Stored data entries →
★ ★ ★ ★
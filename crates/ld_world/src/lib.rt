//! The world: published units, the store of global values and the runs that share it, and the lines
//! that are answered.
#![tactic(auto)]

mod declarations;
mod declaring;
mod global_lines;
mod publishing;
mod refusing;
mod runs;
pub mod world;

pub use ld_run::Reply;
pub use world::World;
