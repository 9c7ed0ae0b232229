//! Replies to lines that are refused.
ghost use Rattle.std.specs.Prelude.{◌≡◌, ◌≤◌, ◌++◌, ◌∷◌, [], IfOk, IsOk};
ghost use Rattle.ld_base.specs.Roomy.{KeepsRoom, room_of};
ghost use Rattle.ld_replies.specs.Printing.{IsPrintable};
ghost use Rattle.ld_replies.specs.Replies.{refusal_text};
ghost use Rattle.ld_admission.specs.RefusalView.{refusal_of};
ghost use Rattle.ld_run.specs.Reply.{reply_to_refusal};

use ld_admission::Refusal;
use ld_base::{NoMemory, Text};
use ld_replies::refuse;
use ld_run::Reply;

/// Empties the text, says that the line is refused, and gives the reply that says so. The only
/// error is out of memory, which does not come where there is room for 128 bytes.
pub(crate) fn refuse_line(refusal: Refusal<'_>, out: &mut Text) -> Result<Reply, NoMemory>
    requires { IsPrintable (refusal_of refusal) }
    ensures refused { IfOk result (λ reply. (reply ≡ reply_to_refusal (refusal_of refusal.entry))
        × (out.new.bytes ≡ refusal_text (refusal_of refusal.entry) ++ 10 ∷ [])) }
    ensures within { 128 ≤ room_of out.old → IsOk result }
    ensures room { KeepsRoom out.old out.new }
{
    refuse(refusal, out)?;
    Ok(Reply::refused(refusal))
}
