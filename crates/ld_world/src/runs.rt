//! Runs by their names: making one, and asking one.
ghost use Rattle.std.specs.Prelude.{◌≡◌, ◌≤◌, ◌+◌, Some, List, map, IfOk, OnErr};
ghost use Rattle.ld_base.specs.Roomy.{room_of, KeepsRoom};
ghost use Rattle.ld_globals.specs.Store.{KeepsWrites};
ghost use Rattle.ld_lines.specs.declared.line.Line.TheVariants as line;
ghost use Rattle.ld_model.specs.declared.unit.Unit.{Unit};
ghost use Rattle.ld_value.specs.Calendar.{IsMoment};
ghost use Rattle.ld_world.specs.Answers.{RepliesTo};
ghost use Rattle.ld_world.specs.LineWork.{StampsAfter, asking_steps, making_steps};
ghost use Rattle.ld_world.specs.WorldView.{AreCurrent, ServesAll, ServesRuns, world_with};

use crate::publishing::find_unit;
use crate::refusing::refuse_line;
use indexmap::IndexMap;
use ld_admission::Refusal;
use ld_base::{Id, NoMemory, Steps, Text};
use ld_globals::Globals;
use ld_lines::RunCommand;
use ld_rules::PreparedUnit;
use ld_run::{CommandRoom, Reply, Run};
use ld_value::Moment;
use std::alloc::Global;
use std::rc::Rc;
use std::sync::ledger::Ledger;

/// Makes a run of the unit of this identifier under the name, or says why not. Where memory runs
/// out no run is made.
pub(crate) fn make_run<L: Ledger>(
    alloc: Global,
    units: &[Rc<PreparedUnit>],
    globals: &Globals,
    runs: &mut IndexMap<Id, Run>,
    moment: Moment,
    name: Id,
    unit: &Id,
    out: &mut Text,
    steps: &mut Steps<L>,
) -> Result<Reply, NoMemory>
    requires moment { IsMoment moment.0 }
    requires units { ServesAll globals.now (map (λ unit. unit.value) units.now) }
    requires runs { ServesRuns globals.now runs.old.entries }
    requires current { AreCurrent globals.now runs.old.entries }
    ensures ok { IfOk result (λ reply. RepliesTo
        (world_with (map (λ unit. unit.value) units.now) globals.now runs.old.entries)
        (Some (line.Create moment name unit.now)) reply out.new.bytes
        (world_with (map (λ unit. unit.value) units.now) globals.now runs.new.entries)) }
    ensures err { OnErr result (runs.new.entries ≡ runs.old.entries) }
    ensures runs { ServesRuns globals.now runs.new.entries }
    ensures current { AreCurrent globals.now runs.new.entries }
    ensures stamps { IfOk result (λ reply. StampsAfter runs.old.entries
        (Some (line.Create moment name unit.now)) reply globals.now.stamp runs.new.entries) }
    ensures room { KeepsRoom out.old out.new }
    ensures cost { steps.new ≤ steps.old
        + making_steps (map (λ unit. unit.value) units.now) unit.now }
{
    let Some(unit) = find_unit(units, unit) else {
        return refuse_line(Refusal::UnknownUnit, out);
    };
    if runs.contains_key(&name) {
        return refuse_line(Refusal::RunExists, out);
    }
    let run = Run::new(alloc, unit.clone()?, globals, moment, steps)?;
    out.clear();
    out.push("ok create\n")?;
    runs.insert(name, run)?;
    Ok(Reply::done_alone())
}

/// Does what is asked of the run of this name, or says that there is none.
pub(crate) fn ask_run<L: Ledger>(
    alloc: Global,
    globals: &mut Globals,
    runs: &mut IndexMap<Id, Run>,
    room: &mut CommandRoom,
    moment: Moment,
    name: &Id,
    command: &RunCommand,
    out: &mut Text,
    steps: &mut Steps<L>,
) -> Result<Reply, NoMemory>
    requires moment { IsMoment moment.0 }
    requires runs { ServesRuns globals.old runs.old.entries }
    requires current { AreCurrent globals.old runs.old.entries }
    requires room { 128 ≤ room_of out.old }
    ensures ok { (units : List Unit) → IfOk result (λ reply. RepliesTo
        (world_with units globals.old runs.old.entries)
        (Some (line.OfRun moment name.now command.now)) reply
        out.new.bytes (world_with units globals.new runs.new.entries)) }
    ensures declared { globals.new.declared ≡ globals.old.declared }
    ensures err { OnErr result (globals.new ≡ globals.old) }
    ensures same { OnErr result (runs.new.entries ≡ runs.old.entries) }
    ensures runs { ServesRuns globals.new runs.new.entries }
    ensures current { AreCurrent globals.new runs.new.entries }
    ensures kept { KeepsWrites globals.old globals.new }
    ensures stamps { IfOk result (λ reply. StampsAfter runs.old.entries
        (Some (line.OfRun moment name.now command.now)) reply
        globals.new.stamp runs.new.entries) }
    ensures room { 128 ≤ room_of out.new }
    ensures cost { steps.new ≤ steps.old
        + asking_steps globals.old runs.old.entries moment name.now command.now }
{
    let Some(run) = runs.get_mut(name) else {
        return refuse_line(Refusal::UnknownRun, out);
    };
    Ok(run.apply(alloc, globals, room, moment, command, out, steps))
}
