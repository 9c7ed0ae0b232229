//! Lines that ask the store of global values for something.
ghost use Rattle.std.specs.Prelude.{◌≡◌, ◌≢◌, ◌≤◌, ◌+◌, ◌++◌, ◌∷◌, [], List, ℕ, Some, codes, option_copied, option_map, IfOk, IfSome, OnErr, OnOk};
ghost use Rattle.ld_base.specs.Roomy.{KeepsRoom, room_of};
ghost use Rattle.ld_globals.specs.Store.{KeepsWrites};
ghost use Rattle.ld_lines.specs.declared.line.Line.TheVariants as line;
ghost use Rattle.ld_model.specs.declared.unit.Unit.{Unit};
ghost use Rattle.ld_replies.specs.Replies.{printed_value, refusal_text};
ghost use Rattle.ld_run.specs.Reply.{reply_to_refusal};
ghost use Rattle.ld_run.specs.RunView.{RunView};
ghost use Rattle.ld_value.specs.Datum.{datum_of};
ghost use Rattle.ld_value.specs.Values.{HasText};
ghost use Rattle.ld_value.specs.declared.moment.Moment.{Moment as MomentOf};
ghost use Rattle.ld_world.specs.Answers.{RepliesTo};
ghost use Rattle.ld_world.specs.GlobalFaults.{refusal_to_get, refusal_to_set};
ghost use Rattle.ld_world.specs.WorldView.{IsStoreOf, world_with};

use crate::refusing::refuse_line;
use ld_admission::Refusal;
use ld_base::{Id, NoMemory, PlainText, Steps, Text};
use ld_globals::{GlobalFault, Globals, SetFault};
use ld_replies::push_value;
use ld_run::Reply;
use ld_value::Value;
use std::alloc::Global;
use std::sync::ledger::Ledger;

/// Gives the key the value of the text, or says why not. Where memory runs out the store stays as
/// it was.
pub(crate) fn set_global(
    alloc: Global,
    globals: &mut Globals,
    uri: &PlainText,
    person: Option<&Id>,
    text: &PlainText,
    out: &mut Text,
) -> Result<Reply, NoMemory>
    requires room { 128 ≤ room_of out.old }
    ensures ok { (units : List Unit) (runs : List (List ℕ × RunView)) (moment : MomentOf)
        → IsStoreOf units globals.old → IfOk result (λ reply. RepliesTo (world_with units globals.old runs)
        (Some (line.GlobalSet moment uri.now (option_copied person.entry) text.now))
        reply out.new.bytes (world_with units globals.new runs)) }
    ensures declared { globals.new.declared ≡ globals.old.declared }
    ensures kept { KeepsWrites globals.old globals.new }
    ensures err { OnErr result (globals.new ≡ globals.old) }
    ensures room { 128 ≤ room_of out.new }
{
    let key = Text::of(alloc, uri.as_str())?;
    match globals.set(&key, person, text.as_str()) {
        Ok(()) => {
            say_set(out);
            Ok(Reply::done_alone())
        }
        Err(fault) => refuse_to_set(fault, out),
    }
}

/// Tells the value of the key, or says why not.
pub(crate) fn get_global<L: Ledger>(
    alloc: Global,
    globals: &Globals,
    uri: &PlainText,
    person: Option<&Id>,
    out: &mut Text,
    steps: &mut Steps<L>,
) -> Result<Reply, NoMemory>
    ensures ok { (units : List Unit) (runs : List (List ℕ × RunView)) (moment : MomentOf)
        → IsStoreOf units globals.now → IfOk result (λ reply. RepliesTo (world_with units globals.now runs)
        (Some (line.GlobalGet moment uri.now (option_copied person.entry)))
        reply out.new.bytes (world_with units globals.now runs)) }
    ensures room { KeepsRoom out.old out.new }
    ensures cost { steps.new ≤ steps.old + 1 }
{
    let key = Text::of(alloc, uri.as_str())?;
    match globals.get(&key, person, steps) {
        Ok(value) => {
            tell_value(alloc, value, out)?;
            Ok(Reply::done_alone())
        }
        Err(fault) => refuse_to_get(fault, out),
    }
}

/// Says that the value was set. It takes no memory.
fn say_set(out: &mut Text)
    requires { 128 ≤ room_of out.old }
    ensures text { out.new.bytes ≡ codes "ok global-set" ++ 10 ∷ [] }
    ensures room { 128 ≤ room_of out.new }
{
    out.clear();
    let Ok(()) = out.push("ok global-set\n") else {
        unreachable!();
    };
}

/// Tells the value.
fn tell_value(alloc: Global, value: Option<&Value>, out: &mut Text) -> Result<(), NoMemory>
    requires { IfSome (option_map datum_of (option_copied value)) HasText }
    ensures text { OnOk result (out.new.bytes ≡ codes "ok global-get "
        ++ printed_value (option_map datum_of (option_copied value.entry)) ++ 10 ∷ []) }
    ensures room { KeepsRoom out.old out.new }
{
    out.clear();
    out.push("ok global-get ")?;
    push_value(alloc, value, out)?;
    out.push("\n")
}

/// Says why the value was not set. The only error is out of memory.
fn refuse_to_set(fault: SetFault, out: &mut Text) -> Result<Reply, NoMemory>
    ensures refused { IfOk result (λ reply. (fault ≢ SetFault.NoMemory)
        × (reply ≡ reply_to_refusal (refusal_to_set fault))
        × (out.new.bytes ≡ refusal_text (refusal_to_set fault) ++ 10 ∷ [])) }
    ensures room { KeepsRoom out.old out.new }
{
    match fault {
        SetFault::UnknownGlobal => refuse_line(Refusal::UnknownGlobal, out),
        SetFault::BadValue => refuse_line(Refusal::BadValue, out),
        SetFault::NotAllowed => refuse_line(Refusal::NotAllowed, out),
        SetFault::NoMemory => Err(NoMemory),
    }
}

/// Says why the value is not told. The only error is out of memory.
fn refuse_to_get(fault: GlobalFault, out: &mut Text) -> Result<Reply, NoMemory>
    ensures refused { IfOk result (λ reply. (reply ≡ reply_to_refusal (refusal_to_get fault))
        × (out.new.bytes ≡ refusal_text (refusal_to_get fault) ++ 10 ∷ [])) }
    ensures room { KeepsRoom out.old out.new }
{
    match fault {
        GlobalFault::UnknownGlobal => refuse_line(Refusal::UnknownGlobal, out),
        GlobalFault::NotAllowed => refuse_line(Refusal::NotAllowed, out),
    }
}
★ ★ ★ ★
Task goal → Above are the records; repeat exactly the lines from the one holding "Tells the value." down to the one holding "set. The only error is out of memory.", end lines included.

Result of this task →
/// Tells the value.
fn tell_value(alloc: Global, value: Option<&Value>, out: &mut Text) -> Result<(), NoMemory>
    requires { IfSome (option_map datum_of (option_copied value)) HasText }
    ensures text { OnOk result (out.new.bytes ≡ codes "ok global-get "
        ++ printed_value (option_map datum_of (option_copied value.entry)) ++ 10 ∷ []) }
    ensures room { KeepsRoom out.old out.new }
{
    out.clear();
    out.push("ok global-get ")?;
    push_value(alloc, value, out)?;
    out.push("\n")
}

/// Says why the value was not set. The only error is out of memory.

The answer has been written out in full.